The problem:
Return, from the data below, each line that contains the word "least".

Data records:
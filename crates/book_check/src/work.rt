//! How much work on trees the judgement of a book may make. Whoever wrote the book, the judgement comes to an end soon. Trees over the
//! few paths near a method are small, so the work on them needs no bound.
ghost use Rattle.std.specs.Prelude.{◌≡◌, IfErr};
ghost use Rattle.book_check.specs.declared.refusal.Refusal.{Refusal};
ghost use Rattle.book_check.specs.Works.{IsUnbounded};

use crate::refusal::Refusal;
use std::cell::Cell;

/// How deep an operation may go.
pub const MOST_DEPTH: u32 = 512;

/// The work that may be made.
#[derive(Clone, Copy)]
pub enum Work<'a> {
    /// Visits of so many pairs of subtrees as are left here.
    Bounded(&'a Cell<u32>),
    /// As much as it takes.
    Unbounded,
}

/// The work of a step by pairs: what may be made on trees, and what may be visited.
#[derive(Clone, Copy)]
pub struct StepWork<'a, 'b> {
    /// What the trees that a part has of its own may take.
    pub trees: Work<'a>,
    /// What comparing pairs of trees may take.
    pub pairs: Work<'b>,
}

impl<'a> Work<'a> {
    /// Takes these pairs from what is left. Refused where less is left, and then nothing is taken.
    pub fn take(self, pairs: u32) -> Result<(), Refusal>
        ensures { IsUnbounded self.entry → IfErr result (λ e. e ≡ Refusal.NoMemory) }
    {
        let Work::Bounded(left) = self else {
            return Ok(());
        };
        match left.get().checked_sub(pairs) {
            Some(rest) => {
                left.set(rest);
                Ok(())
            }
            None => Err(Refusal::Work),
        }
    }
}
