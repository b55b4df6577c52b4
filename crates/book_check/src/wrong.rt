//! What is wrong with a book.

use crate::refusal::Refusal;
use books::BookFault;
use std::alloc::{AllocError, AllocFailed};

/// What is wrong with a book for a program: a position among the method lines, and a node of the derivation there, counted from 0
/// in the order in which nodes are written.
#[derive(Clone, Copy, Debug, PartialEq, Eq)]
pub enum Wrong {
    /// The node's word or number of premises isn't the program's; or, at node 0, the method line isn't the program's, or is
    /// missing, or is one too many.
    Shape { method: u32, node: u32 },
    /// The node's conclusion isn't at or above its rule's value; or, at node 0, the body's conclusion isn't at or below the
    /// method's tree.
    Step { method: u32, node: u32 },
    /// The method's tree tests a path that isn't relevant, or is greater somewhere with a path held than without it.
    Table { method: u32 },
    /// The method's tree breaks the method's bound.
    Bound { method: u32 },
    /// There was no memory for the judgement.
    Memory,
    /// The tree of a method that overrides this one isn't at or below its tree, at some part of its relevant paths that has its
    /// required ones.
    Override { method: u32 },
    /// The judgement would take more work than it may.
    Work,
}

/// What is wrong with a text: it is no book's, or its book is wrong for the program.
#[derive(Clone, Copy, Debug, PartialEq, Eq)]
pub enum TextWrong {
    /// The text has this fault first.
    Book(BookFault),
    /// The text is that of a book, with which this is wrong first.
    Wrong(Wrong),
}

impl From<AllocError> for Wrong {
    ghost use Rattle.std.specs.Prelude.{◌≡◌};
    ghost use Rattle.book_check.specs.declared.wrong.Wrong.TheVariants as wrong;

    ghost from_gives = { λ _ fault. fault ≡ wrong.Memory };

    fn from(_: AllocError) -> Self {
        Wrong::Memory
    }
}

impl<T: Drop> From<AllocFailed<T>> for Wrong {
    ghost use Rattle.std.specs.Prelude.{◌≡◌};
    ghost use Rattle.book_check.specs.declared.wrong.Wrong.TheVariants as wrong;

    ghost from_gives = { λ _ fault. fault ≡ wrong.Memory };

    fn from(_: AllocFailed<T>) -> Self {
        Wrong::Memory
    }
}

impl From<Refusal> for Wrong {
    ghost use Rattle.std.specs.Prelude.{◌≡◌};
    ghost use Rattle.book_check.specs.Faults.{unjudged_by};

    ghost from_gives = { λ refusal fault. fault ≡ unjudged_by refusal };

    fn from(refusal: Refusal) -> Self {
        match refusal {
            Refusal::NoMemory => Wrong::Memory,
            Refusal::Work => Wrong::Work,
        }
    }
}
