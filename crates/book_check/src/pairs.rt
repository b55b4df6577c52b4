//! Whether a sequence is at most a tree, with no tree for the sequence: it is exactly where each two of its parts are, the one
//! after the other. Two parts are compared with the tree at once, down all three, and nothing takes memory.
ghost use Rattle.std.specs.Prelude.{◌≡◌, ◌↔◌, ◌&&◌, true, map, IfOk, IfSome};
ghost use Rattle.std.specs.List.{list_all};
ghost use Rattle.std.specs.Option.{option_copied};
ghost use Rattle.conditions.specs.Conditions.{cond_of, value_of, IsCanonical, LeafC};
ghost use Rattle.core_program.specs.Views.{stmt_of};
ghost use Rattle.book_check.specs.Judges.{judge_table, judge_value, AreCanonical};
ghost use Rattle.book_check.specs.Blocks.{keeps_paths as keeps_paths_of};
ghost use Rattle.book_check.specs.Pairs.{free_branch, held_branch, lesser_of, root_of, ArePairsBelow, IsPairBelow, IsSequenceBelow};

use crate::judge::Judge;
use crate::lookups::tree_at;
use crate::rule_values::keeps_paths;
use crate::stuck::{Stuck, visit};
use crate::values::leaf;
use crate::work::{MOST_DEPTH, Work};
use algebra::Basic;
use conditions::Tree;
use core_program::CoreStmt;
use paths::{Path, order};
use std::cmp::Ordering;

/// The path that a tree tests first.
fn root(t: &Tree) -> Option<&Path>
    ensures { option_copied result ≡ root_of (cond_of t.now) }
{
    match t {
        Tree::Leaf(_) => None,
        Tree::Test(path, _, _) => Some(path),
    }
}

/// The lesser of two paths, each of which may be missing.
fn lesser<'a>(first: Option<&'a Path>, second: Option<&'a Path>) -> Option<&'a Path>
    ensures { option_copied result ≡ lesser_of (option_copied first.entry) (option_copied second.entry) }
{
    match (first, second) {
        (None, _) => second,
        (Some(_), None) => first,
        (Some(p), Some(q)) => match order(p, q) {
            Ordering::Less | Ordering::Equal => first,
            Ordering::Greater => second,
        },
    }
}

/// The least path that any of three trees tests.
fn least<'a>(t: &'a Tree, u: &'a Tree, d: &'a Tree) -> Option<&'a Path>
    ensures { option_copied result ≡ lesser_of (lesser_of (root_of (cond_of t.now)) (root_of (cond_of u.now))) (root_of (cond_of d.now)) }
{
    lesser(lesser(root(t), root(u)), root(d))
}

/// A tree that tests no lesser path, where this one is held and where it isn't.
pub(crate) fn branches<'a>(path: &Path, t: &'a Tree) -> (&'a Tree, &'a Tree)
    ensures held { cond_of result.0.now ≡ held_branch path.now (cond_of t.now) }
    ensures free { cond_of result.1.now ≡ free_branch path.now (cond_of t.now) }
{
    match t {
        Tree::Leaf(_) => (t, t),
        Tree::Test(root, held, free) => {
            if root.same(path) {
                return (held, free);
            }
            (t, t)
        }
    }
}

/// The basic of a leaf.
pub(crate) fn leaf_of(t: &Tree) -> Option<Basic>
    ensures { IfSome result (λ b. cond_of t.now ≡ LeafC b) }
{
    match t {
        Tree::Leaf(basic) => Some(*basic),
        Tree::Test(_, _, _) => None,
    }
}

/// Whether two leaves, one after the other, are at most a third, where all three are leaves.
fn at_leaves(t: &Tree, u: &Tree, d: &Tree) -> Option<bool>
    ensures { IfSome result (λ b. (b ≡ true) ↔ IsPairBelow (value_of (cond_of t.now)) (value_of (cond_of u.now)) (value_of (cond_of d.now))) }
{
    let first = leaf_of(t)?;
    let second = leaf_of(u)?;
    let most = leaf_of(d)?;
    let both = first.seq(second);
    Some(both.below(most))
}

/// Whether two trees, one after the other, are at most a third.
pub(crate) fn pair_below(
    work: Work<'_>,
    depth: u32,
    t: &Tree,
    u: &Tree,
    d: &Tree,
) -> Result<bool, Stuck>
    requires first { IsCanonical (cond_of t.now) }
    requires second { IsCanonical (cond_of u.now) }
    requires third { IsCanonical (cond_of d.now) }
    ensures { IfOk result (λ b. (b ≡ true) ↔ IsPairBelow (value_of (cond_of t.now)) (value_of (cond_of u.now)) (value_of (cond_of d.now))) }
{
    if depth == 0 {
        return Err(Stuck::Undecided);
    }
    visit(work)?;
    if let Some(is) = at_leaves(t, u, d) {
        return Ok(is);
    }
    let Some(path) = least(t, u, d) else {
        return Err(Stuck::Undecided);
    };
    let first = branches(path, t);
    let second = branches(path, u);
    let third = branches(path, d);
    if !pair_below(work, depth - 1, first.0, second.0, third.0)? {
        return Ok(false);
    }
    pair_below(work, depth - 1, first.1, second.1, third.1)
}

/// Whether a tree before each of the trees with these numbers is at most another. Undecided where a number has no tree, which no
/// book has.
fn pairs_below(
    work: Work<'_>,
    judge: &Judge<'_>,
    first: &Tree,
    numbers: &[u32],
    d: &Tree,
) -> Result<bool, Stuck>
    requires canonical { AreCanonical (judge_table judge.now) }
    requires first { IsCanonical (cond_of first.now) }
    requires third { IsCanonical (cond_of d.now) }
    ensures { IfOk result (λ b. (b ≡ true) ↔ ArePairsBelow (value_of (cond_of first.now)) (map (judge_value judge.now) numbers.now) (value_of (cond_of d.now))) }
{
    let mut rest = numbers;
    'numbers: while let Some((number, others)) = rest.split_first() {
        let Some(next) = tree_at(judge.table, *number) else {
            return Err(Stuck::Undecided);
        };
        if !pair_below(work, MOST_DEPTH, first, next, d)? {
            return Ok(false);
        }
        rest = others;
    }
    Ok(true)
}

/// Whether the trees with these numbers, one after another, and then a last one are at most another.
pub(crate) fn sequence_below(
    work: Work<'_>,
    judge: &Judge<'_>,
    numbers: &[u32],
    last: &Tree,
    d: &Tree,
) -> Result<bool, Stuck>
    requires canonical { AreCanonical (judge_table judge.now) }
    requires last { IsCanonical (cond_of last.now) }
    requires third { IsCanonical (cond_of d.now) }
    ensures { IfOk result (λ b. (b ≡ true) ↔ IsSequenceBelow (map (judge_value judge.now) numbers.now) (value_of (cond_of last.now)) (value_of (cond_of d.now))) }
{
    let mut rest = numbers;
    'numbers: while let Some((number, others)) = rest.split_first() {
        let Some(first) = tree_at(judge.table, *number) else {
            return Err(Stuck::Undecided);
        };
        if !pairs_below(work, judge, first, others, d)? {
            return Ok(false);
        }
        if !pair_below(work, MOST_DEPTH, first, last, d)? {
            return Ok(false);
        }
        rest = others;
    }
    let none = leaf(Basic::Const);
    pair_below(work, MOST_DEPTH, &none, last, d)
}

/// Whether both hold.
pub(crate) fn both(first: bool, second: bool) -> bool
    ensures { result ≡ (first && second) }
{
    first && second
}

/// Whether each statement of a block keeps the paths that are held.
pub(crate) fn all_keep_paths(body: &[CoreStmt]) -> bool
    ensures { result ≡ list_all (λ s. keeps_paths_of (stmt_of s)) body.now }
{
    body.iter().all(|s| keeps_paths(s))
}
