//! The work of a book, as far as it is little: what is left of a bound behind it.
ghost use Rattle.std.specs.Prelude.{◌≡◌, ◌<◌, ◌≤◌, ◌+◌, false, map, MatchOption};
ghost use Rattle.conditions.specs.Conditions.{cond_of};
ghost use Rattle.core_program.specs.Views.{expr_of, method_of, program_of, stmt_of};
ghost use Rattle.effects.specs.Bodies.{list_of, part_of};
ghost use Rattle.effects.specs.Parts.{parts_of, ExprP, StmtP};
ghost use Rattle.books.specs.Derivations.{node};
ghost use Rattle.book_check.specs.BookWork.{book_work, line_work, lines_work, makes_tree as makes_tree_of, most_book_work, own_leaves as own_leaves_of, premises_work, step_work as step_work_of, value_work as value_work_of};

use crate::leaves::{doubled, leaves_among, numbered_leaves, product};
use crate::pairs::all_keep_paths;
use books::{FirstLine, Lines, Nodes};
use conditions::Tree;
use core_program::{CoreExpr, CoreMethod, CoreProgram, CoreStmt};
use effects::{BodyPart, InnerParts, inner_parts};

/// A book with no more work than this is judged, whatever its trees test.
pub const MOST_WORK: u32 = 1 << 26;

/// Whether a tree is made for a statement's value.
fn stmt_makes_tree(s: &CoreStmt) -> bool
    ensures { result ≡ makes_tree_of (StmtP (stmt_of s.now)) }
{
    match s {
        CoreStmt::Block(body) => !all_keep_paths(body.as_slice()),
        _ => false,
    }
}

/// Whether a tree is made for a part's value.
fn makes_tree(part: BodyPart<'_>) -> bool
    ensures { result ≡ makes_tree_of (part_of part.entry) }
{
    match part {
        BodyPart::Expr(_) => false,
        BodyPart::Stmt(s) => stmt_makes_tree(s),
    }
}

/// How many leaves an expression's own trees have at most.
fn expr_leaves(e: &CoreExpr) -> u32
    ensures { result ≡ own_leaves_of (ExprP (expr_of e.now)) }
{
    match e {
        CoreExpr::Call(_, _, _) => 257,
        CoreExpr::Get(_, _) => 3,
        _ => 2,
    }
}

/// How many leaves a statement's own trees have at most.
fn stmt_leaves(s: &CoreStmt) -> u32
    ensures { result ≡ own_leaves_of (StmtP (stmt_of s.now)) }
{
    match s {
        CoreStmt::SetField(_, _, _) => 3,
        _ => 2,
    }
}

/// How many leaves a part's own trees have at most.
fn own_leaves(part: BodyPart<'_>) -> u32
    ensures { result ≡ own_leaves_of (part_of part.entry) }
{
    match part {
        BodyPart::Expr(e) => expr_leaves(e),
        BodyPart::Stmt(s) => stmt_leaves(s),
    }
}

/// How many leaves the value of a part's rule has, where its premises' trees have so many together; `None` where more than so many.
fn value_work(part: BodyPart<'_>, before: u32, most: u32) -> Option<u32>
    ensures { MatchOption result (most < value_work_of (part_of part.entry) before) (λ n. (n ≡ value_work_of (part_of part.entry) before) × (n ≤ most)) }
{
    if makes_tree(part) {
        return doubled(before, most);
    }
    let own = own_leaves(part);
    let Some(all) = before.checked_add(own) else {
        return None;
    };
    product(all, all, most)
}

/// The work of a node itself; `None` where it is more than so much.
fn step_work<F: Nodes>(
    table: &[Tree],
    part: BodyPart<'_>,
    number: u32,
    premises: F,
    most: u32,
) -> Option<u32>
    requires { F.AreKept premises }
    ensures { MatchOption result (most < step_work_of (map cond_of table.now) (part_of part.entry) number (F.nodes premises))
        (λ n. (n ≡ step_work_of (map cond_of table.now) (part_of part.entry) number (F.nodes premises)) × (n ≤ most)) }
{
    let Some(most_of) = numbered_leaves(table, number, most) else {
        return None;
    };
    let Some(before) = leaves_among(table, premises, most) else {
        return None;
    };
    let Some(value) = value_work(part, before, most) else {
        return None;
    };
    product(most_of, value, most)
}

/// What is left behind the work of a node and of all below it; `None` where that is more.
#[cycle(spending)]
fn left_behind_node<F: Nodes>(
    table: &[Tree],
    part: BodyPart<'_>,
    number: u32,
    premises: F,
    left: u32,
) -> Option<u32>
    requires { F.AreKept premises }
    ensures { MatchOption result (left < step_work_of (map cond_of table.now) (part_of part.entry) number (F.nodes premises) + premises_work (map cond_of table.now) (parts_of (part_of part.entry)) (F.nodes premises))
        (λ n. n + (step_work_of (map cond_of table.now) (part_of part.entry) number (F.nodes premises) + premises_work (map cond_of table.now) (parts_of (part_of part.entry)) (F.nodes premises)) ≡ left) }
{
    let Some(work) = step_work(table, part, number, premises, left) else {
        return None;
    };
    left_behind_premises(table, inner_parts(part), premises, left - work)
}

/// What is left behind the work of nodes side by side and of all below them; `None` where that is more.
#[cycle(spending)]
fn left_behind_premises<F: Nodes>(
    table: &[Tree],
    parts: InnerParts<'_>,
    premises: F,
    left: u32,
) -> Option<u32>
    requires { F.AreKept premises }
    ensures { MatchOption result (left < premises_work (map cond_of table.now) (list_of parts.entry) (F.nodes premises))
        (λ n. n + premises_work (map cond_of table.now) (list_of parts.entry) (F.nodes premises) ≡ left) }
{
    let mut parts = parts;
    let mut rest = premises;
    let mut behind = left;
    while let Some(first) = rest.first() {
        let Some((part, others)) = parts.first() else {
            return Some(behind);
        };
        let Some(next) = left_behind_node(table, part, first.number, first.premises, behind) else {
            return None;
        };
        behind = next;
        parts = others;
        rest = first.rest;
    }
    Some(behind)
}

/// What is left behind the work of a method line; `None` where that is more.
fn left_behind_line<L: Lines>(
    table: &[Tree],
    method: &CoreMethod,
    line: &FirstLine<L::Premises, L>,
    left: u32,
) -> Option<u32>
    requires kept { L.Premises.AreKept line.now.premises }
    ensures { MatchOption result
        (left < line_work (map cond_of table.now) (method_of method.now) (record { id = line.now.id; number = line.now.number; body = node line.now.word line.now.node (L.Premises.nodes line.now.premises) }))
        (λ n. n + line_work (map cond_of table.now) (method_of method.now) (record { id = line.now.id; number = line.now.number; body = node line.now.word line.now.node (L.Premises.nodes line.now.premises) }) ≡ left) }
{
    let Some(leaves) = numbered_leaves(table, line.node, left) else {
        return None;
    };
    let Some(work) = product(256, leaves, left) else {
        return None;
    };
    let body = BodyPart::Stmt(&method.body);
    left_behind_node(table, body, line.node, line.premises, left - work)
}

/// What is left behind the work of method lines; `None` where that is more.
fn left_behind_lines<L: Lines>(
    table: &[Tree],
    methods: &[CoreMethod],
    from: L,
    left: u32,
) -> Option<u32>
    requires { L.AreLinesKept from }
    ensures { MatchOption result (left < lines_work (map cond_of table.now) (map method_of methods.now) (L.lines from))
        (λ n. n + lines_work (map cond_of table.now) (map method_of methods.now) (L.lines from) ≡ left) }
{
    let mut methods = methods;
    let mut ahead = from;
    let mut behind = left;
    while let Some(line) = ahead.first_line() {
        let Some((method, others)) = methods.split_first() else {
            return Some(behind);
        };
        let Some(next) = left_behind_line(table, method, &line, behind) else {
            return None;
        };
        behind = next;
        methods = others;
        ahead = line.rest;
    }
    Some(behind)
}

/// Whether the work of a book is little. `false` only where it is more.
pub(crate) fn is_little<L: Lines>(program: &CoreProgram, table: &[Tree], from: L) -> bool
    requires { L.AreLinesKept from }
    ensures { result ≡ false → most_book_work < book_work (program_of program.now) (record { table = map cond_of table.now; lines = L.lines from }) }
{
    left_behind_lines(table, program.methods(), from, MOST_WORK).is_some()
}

Exercise output:
/// The least path that any of three trees tests.
fn least<'a>(t: &'a Tree, u: &'a Tree, d: &'a Tree) -> Option<&'a Path>
    let Some(path) = least(t, u, d) else {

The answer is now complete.